Department of Diagnostic Radiology, Henry Ford Hospital, Detroit, MI 48202, USA.
Neuroinformatics. 2011 Dec;9(4):335-46. doi: 10.1007/s12021-010-9096-4.
The hippocampus has become the focus of research in several neurodegenerative disorders. Automatic segmentation of this structure from magnetic resonance (MR) imaging scans of the brain facilitates this work. Segmentation techniques must be evaluated using a dataset of MR images with accurate hippocampal outlines generated manually. Manual segmentation is not a trivial task. Lack of a unique segmentation protocol and poor image quality are only two factors that have confounded the consistency required for comparative study. We have developed a publicly available dataset of T1-weighted (T1W) MR images of epileptic and nonepileptic subjects along with their hippocampal outlines to provide a means of evaluation of segmentation techniques. This dataset contains 50 T1W MR images, 40 epileptic and ten nonepileptic. All images were manually segmented by a widely used protocol. Twenty five images were selected for training and were provided with hippocampal labels. Twenty five other images were provided without labels for testing algorithms. The users are allowed to evaluate their generated labels for the test images using 11 segmentation similarity metrics. Using this dataset, we evaluated two segmentation algorithms, Brain Parser and Classifier Fusion and Labeling (CFL), trained by the training set. For Brain Parser, an average Dice coefficient of 0.64 was obtained with the testing set. For CFL, this value was 0.75. Such findings indicate a need for further improvement of segmentation algorithms in order to enhance reliability.

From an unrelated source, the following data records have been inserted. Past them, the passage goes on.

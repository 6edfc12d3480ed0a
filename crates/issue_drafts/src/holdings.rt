//! The objects of keys: those that stay, and those that are made, under the keys that issue them.

ghost use Rattle.std.specs.Prelude.{◌≡◌, true, map, filter, All, IfOk};
ghost use Rattle.std.specs.Ordering.{is_lt};
ghost use Rattle.pub_set.specs.Objects.{uri_cmp, Rise};
ghost use Rattle.issue_keys.specs.Indexes.{IsIndex};
ghost use Rattle.issue_drafts.specs.Views.{draft_of};
ghost use Rattle.key_ids.specs.Uris.{anchor_uri};
ghost use Rattle.issue_drafts.specs.inner.Holdings.{stays, is_kept_under, is_inside, made_key};

use crate::draft::Draft;
use crate::touching::Touched;
use issue_keys::{KeyIndex, index_of};
use key_ids::{KeyId, Site};
use key_roll::IssuedRow;
use std::alloc::{AllocError, Global};

/// Whether an object stays: it is neither put nor withdrawn, and another one than the trust anchor's certificate.
fn stays(row: &IssuedRow, touched: &Touched, anchor: &str) -> bool
    ensures { result ≡ stays anchor.now touched.now row.now }
{
    row.uri.as_str() != anchor && !touched.has(row.uri.as_str())
}

/// Whether the key issued the object, and that stays.
fn is_kept(row: &IssuedRow, id: &KeyId, touched: &Touched, anchor: &str) -> bool
    ensures { result ≡ is_kept_under id.now.bytes anchor.now touched.now row.now }
{
    row.issuer.bytes == id.bytes && stays(row, touched, anchor)
}

/// Whether the object's URI comes before that of the folder.
fn is_before(row: &IssuedRow, folder: &str) -> bool
    ensures { result ≡ is_lt (uri_cmp row.now.uri folder.now) }
{
    row.uri.as_str().cmp(folder).is_lt()
}

/// Whether the object lies in the folder.
fn is_inside(row: &IssuedRow, folder: &str) -> bool
    ensures { result ≡ is_inside folder.now row.now }
{
    row.uri.as_str().as_bytes().starts_with(folder.as_bytes())
}

/// The objects in the folder, which stand one behind the other, found by halving.
fn in_folder<'a>(issued: &'a [IssuedRow], folder: &str) -> &'a [IssuedRow]
    requires { Rise (λ row. row.uri) issued.now }
    ensures { result.now ≡ filter (is_inside folder.now) issued.now }
{
    let from = issued.partition_point(|row| is_before(row, folder));
    let rest = &issued[from..];
    let count = rest.partition_point(|row| is_inside(row, folder));
    &rest[..count]
}

/// Those objects that the key issued and that stay.
fn kept_among<'a>(
    alloc: Global,
    rows: &'a [IssuedRow],
    id: &KeyId,
    touched: &Touched,
    anchor: &str,
) -> Result<Vec<&'a IssuedRow>, AllocError>
    ensures { IfOk result (λ kept. map (λ row. row.now) kept.items
        ≡ filter (is_kept_under id.now.bytes anchor.now touched.now) rows.now) }
{
    let mut kept = Vec::new(alloc);
    for row in rows {
        if is_kept(row, id, touched, anchor) {
            kept.push(row)?;
        }
    }
    Ok(kept)
}

/// The objects of the key that stay. They lie in the folder, and only what lies there is looked at.
pub fn kept_rows<'a>(
    alloc: Global,
    issued: &'a [IssuedRow],
    folder: &str,
    id: &KeyId,
    touched: &Touched,
    site: &Site,
) -> Result<Vec<&'a IssuedRow>, AllocError>
    requires standing { Rise (λ row. row.uri) issued.now }
    requires inside { All (λ row. is_kept_under id.now.bytes (anchor_uri site.now) touched.now row ≡ true
        → is_inside folder.now row ≡ true) issued.now }
    ensures { IfOk result (λ kept. map (λ row. row.now) kept.items
        ≡ filter (is_kept_under id.now.bytes (anchor_uri site.now) touched.now) issued.now) }
{
    let anchor = site.anchor_uri(alloc)?;
    let inside = in_folder(issued, folder);
    kept_among(alloc, inside, id, touched, anchor.as_str())
}

/// The key that issues an object, but of the trust anchor's certificate.
fn made_key(draft: &Draft<'_>, anchor: &str) -> Option<KeyId>
    ensures { result ≡ made_key anchor.now (draft_of draft.now) }
{
    if draft.uri.as_str() == anchor {
        None
    } else {
        Some(draft.issuer.id())
    }
}

/// The keys of objects that are made.
fn made_keys(
    alloc: Global,
    drafts: &[Draft<'_>],
    anchor: &str,
) -> Result<Vec<Option<KeyId>>, AllocError>
    ensures { IfOk result (λ keys. keys.items ≡ map (made_key anchor.now) (map draft_of drafts.now)) }
{
    let mut keys = Vec::with_capacity(alloc, drafts.len())?;
    for draft in drafts {
        keys.push(made_key(draft, anchor))?;
    }
    Ok(keys)
}

/// The positions of the objects that are made, under the keys that issue them.
pub fn made_index(alloc: Global, drafts: &[Draft<'_>], site: &Site) -> Result<KeyIndex, AllocError>
    ensures { IfOk result (IsIndex (map (made_key (anchor_uri site.now)) (map draft_of drafts.now))) }
{
    let anchor = site.anchor_uri(alloc)?;
    let keys = made_keys(alloc, drafts, anchor.as_str())?;
    let index = index_of(alloc, &keys)?;
    Ok(index)
}
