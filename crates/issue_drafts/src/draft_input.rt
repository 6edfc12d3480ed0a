//! What the objects of an edition are drafted from.

use crate::issue_parts::IssueParts;
use crate::key_finder::KeyFinder;
use key_roll::KeyRow;

/// What drafts are made of.
#[derive(Clone, Copy)]
pub struct DraftInput<'a> {
    pub input: &'a IssueParts<'a>,
    /// The keys of the edition.
    pub rows: &'a [KeyRow],
    pub finder: &'a KeyFinder,
}
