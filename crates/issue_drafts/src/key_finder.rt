//! What finds the keys that the work names. `key_lookup` makes it and asks it: a struct with a ghost
//! field can't stand beside clauses that speak of it.

ghost use Rattle.std.specs.Prelude.{◌+◌, ◌^◌, ◌<◌, length};

use issue_keys::KeyIndex;
use key_ids::KeyId;

/// Finds the keys that the work names, in logarithmic time.
#[derive(Debug, Drop)]
pub struct KeyFinder {
    /// The identifiers of all keys of the edition, in their order.
    pub ids: Vec<KeyId>,
    /// The positions of these keys.
    pub live: KeyIndex,
    /// The desks of the new keys, which rise.
    pub desks: Vec<u32>,
    /// Where the first of these keys stands. An index in the keys of the edition.
    pub first_fresh: usize,
    pub ghost short: { first_fresh + length desks.items < 2 ^ 64 },
}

海马体已成为多种神经退行性疾病研究的焦点。自动从大脑磁共振(MR)成像扫描中分割该结构有助于这项工作。分割技术必须使用具有手动生成的准确海马轮廓的 MR 图像数据集进行评估。手动分割不是一项简单的任务。缺乏独特的分割协议和较差的图像质量只是两个使比较研究所需的一致性变得复杂的因素。我们开发了一个公开的癫痫和非癫痫患者的 T1 加权(T1W)MR 图像及其海马轮廓数据集,以提供评估分割技术的方法。该数据集包含 50 个 T1W MR 图像,40 个癫痫患者和 10 个非癫痫患者。所有图像均通过广泛使用的协议进行手动分割。选择 25 张图像进行训练,并提供海马标签。另外 25 张图像没有标签,用于测试算法。用户可以使用 11 种分割相似性度量标准来评估他们为测试图像生成的标签。使用该数据集,我们评估了两种分割算法,Brain Parser 和 Classifier Fusion and Labeling (CFL),它们是通过训练集进行训练的。对于 Brain Parser,使用测试集获得的平均骰子系数为 0.64。对于 CFL,这个值是 0.75。这些发现表明需要进一步改进分割算法,以提高可靠性。